§ Exercise instructions: Read the listing below and copy out each line where the word "match" occurs.

-- Opening Marker --

//! One walker of a greedy shrink.
ghost use Rattle.std.specs.Prelude.{◌≡◌, ℕ, ◌<◌, ◌^◌, List, [], ◌∷◌, ◌++◌, length, IfOk, OnErr};
ghost use Rattle.qk_totals.specs.Totals.{drawn};
ghost use Rattle.qk_path.specs.Points.{Leads, reached, width};
ghost use Rattle.qk_path.specs.Views.{IsEmptyView};
ghost use Rattle.qk_path.specs.Walkers.{view_of, IsWalkerOf};
ghost use Rattle.qk_minimise.specs.Walk.{Walks, Halted, Tried, Turned, Passed, Walked};

use qk_base::{Family, Gate, Memory};
use qk_path::{PathTable, Taken, Walker};
use std::alloc::Global;

/// A number's low 32 bits are what it leaves by this one.
const WIDE: u64 = 1 << 32;

/// What one turn of a walker came to.
#[derive(Drop)]
enum Turn {
    /// It drew a number, and no step was taken.
    Claimed,
    /// It knows one more step.
    Moved(u64),
    /// It is done, and no step was taken.
    Left,
}

/// Tries a candidate that was drawn, and offers it where it fails: the step that the walker then knows.
fn try_one<F: Family, G: Gate>(
    alloc: Global,
    gate: &G,
    table: &PathTable<'_, F>,
    walker: &mut Walker<F>,
    spread: &F::Spread,
    number: u64,
) -> Result<Option<u64>, Memory>
    requires walker { IsWalkerOf table.now.table.shared.table_id table.now.family.now table.now.root.now table.now.limit walker.old }
    requires level { length (view_of walker.old).path < table.now.limit }
    requires number { (0 < drawn (length (view_of walker.old).path) number (view_of walker.old).draws) × (number < 2 ^ 40) × (number < width (F.children table.now.family.now) table.now.root.now (view_of walker.old).path) }
    requires spread { F.listed table.now.family.now spread.now ≡ F.children table.now.family.now (reached (F.children table.now.family.now) table.now.root.now (view_of walker.old).path) }
    requires owned { F.owns table.now.family.now table.now.root.now }
    requires leads { Leads (F.children table.now.family.now) (F.failing table.now.family.now) table.now.root.now (view_of walker.old).path }
    ensures walker { IsWalkerOf table.now.table.shared.table_id table.now.family.now table.now.root.now table.now.limit walker.new }
    ensures tried { IfOk result (Tried (F.children table.now.family.now) (F.failing table.now.family.now) table.now.root.now number (view_of walker.old) (view_of walker.new)) }
    ensures failed { OnErr result (view_of walker.new ≡ view_of walker.old) }
{
    gate.enter((number % WIDE) as u32);
    let family = table.family();
    let point = family.child(alloc, spread, number)?;
    if family.fails(alloc, &point)? {
        match table.offer(walker, number) {
            Taken::Mine => Ok(Some(number)),
            Taken::Other(step) => Ok(Some(step)),
        }
    } else {
        Ok(None)
    }
}

/// One look and, where it finds no step and the walker is not done, one claim.
fn one_turn<F: Family, G: Gate>(
    alloc: Global,
    gate: &G,
    table: &PathTable<'_, F>,
    walker: &mut Walker<F>,
    spread: &F::Spread,
) -> Result<Turn, Memory>
    requires walker { IsWalkerOf table.now.table.shared.table_id table.now.family.now table.now.root.now table.now.limit walker.old }
    requires level { length (view_of walker.old).path < table.now.limit }
    requires walks { Walks (F.children table.now.family.now) (F.failing table.now.family.now) table.now.root.now (view_of walker.old) }
    requires spread { F.listed table.now.family.now spread.now ≡ F.children table.now.family.now (reached (F.children table.now.family.now) table.now.root.now (view_of walker.old).path) }
    requires owned { F.owns table.now.family.now table.now.root.now }
    ensures walker { IsWalkerOf table.now.table.shared.table_id table.now.family.now table.now.root.now table.now.limit walker.new }
    ensures turned { IfOk result (Turned (F.children table.now.family.now) (F.failing table.now.family.now) table.now.root.now (view_of walker.old) (view_of walker.new)) }
    ensures halted { OnErr result (Halted (F.children table.now.family.now) (F.failing table.now.family.now) table.now.root.now (view_of walker.new)) }
{
    if let Some(step) = table.look(walker) {
        return Ok(Turn::Moved(step));
    }
    if walker.done() {
        return Ok(Turn::Left);
    }
    let count = table.family().count(spread);
    let number = table.claim(walker, count);
    if count <= number {
        return Ok(Turn::Claimed);
    }
    match try_one(alloc, gate, table, walker, spread, number)? {
        Some(step) => Ok(Turn::Moved(step)),
        None => Ok(Turn::Claimed),
    }
}

/// Stays at a level until a step is known there, or the walker is done.
fn stay<F: Family, G: Gate>(
    alloc: Global,
    gate: &G,
    table: &PathTable<'_, F>,
    walker: &mut Walker<F>,
    spread: &F::Spread,
) -> Result<Option<u64>, Memory>
    requires walker { IsWalkerOf table.now.table.shared.table_id table.now.family.now table.now.root.now table.now.limit walker.old }
    requires level { length (view_of walker.old).path < table.now.limit }
    requires walks { Walks (F.children table.now.family.now) (F.failing table.now.family.now) table.now.root.now (view_of walker.old) }
    requires spread { F.listed table.now.family.now spread.now ≡ F.children table.now.family.now (reached (F.children table.now.family.now) table.now.root.now (view_of walker.old).path) }
    requires owned { F.owns table.now.family.now table.now.root.now }
    ensures walker { IsWalkerOf table.now.table.shared.table_id table.now.family.now table.now.root.now table.now.limit walker.new }
    ensures passed { IfOk result (Passed (F.children table.now.family.now) (F.failing table.now.family.now) table.now.root.now (view_of walker.old).path (view_of walker.new)) }
    ensures halted { OnErr result (Halted (F.children table.now.family.now) (F.failing table.now.family.now) table.now.root.now (view_of walker.new)) }
{
    loop {
        match one_turn(alloc, gate, table, walker, spread)? {
            Turn::Claimed => {}
            Turn::Moved(step) => return Ok(Some(step)),
            Turn::Left => return Ok(None),
        }
    }
}

/// The candidates of the point that the walker has reached by its last step, given those of the point before.
fn next_spread<F: Family>(
    alloc: Global,
    table: &PathTable<'_, F>,
    walker: &Walker<F>,
    spread: &F::Spread,
    step: u64,
) -> Result<F::Spread, Memory>
    requires step { (before : List ℕ) × ((view_of walker.now).path ≡ before ++ step ∷ []) × (F.listed table.now.family.now spread.now ≡ F.children table.now.family.now (reached (F.children table.now.family.now) table.now.root.now before)) }
    requires owned { F.owns table.now.family.now table.now.root.now }
    requires leads { Leads (F.children table.now.family.now) (F.failing table.now.family.now) table.now.root.now (view_of walker.now).path }
    ensures { IfOk result (λ next. F.listed table.now.family.now next ≡ F.children table.now.family.now (reached (F.children table.now.family.now) table.now.root.now (view_of walker.now).path)) }
{
    let _ = walker;
    let family = table.family();
    let point = family.child(alloc, spread, step)?;
    family.spread(alloc, &point)
}

/// One walker of a greedy shrink, which callers may run from threads of their own. It waits for nobody. It looks before each claim, and
/// moves on where a step was taken. Else it claims, enters the gate with the low 32 bits of the number, tries the candidate and, where that
/// fails, offers it. It ends at the limit, or where it is done at its level and sees no step. After want of memory the walker keeps the
/// steps that it made.
pub fn walk<F: Family, G: Gate>(
    alloc: Global,
    gate: &G,
    table: &PathTable<'_, F>,
    walker: &mut Walker<F>,
) -> Result<(), Memory>
    requires walker { IsWalkerOf table.now.table.shared.table_id table.now.family.now table.now.root.now table.now.limit walker.old × IsEmptyView (view_of walker.old) }
    requires owned { F.owns table.now.family.now table.now.root.now }
    ensures walker { IsWalkerOf table.now.table.shared.table_id table.now.family.now table.now.root.now table.now.limit walker.new }
    ensures walked { IfOk result (λ _. Walked (F.children table.now.family.now) (F.failing table.now.family.now) table.now.root.now table.now.limit (view_of walker.new)) }
    ensures halted { OnErr result (Halted (F.children table.now.family.now) (F.failing table.now.family.now) table.now.root.now (view_of walker.new)) }
{
    if table.limit() == 0 {
        return Ok(());
    }
    let mut spread = table.family().spread(alloc, table.root())?;
    while let Some(step) = stay(alloc, gate, table, walker, &spread)? {
        if walker.level() == table.limit() {
            return Ok(());
        }
        spread = next_spread(alloc, table, walker, &spread, step)?;
    }
    Ok(())
}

-- Closing Marker --

§ Task response:
        match table.offer(walker, number) {
    match try_one(alloc, gate, table, walker, spread, number)? {
        match one_turn(alloc, gate, table, walker, spread)? {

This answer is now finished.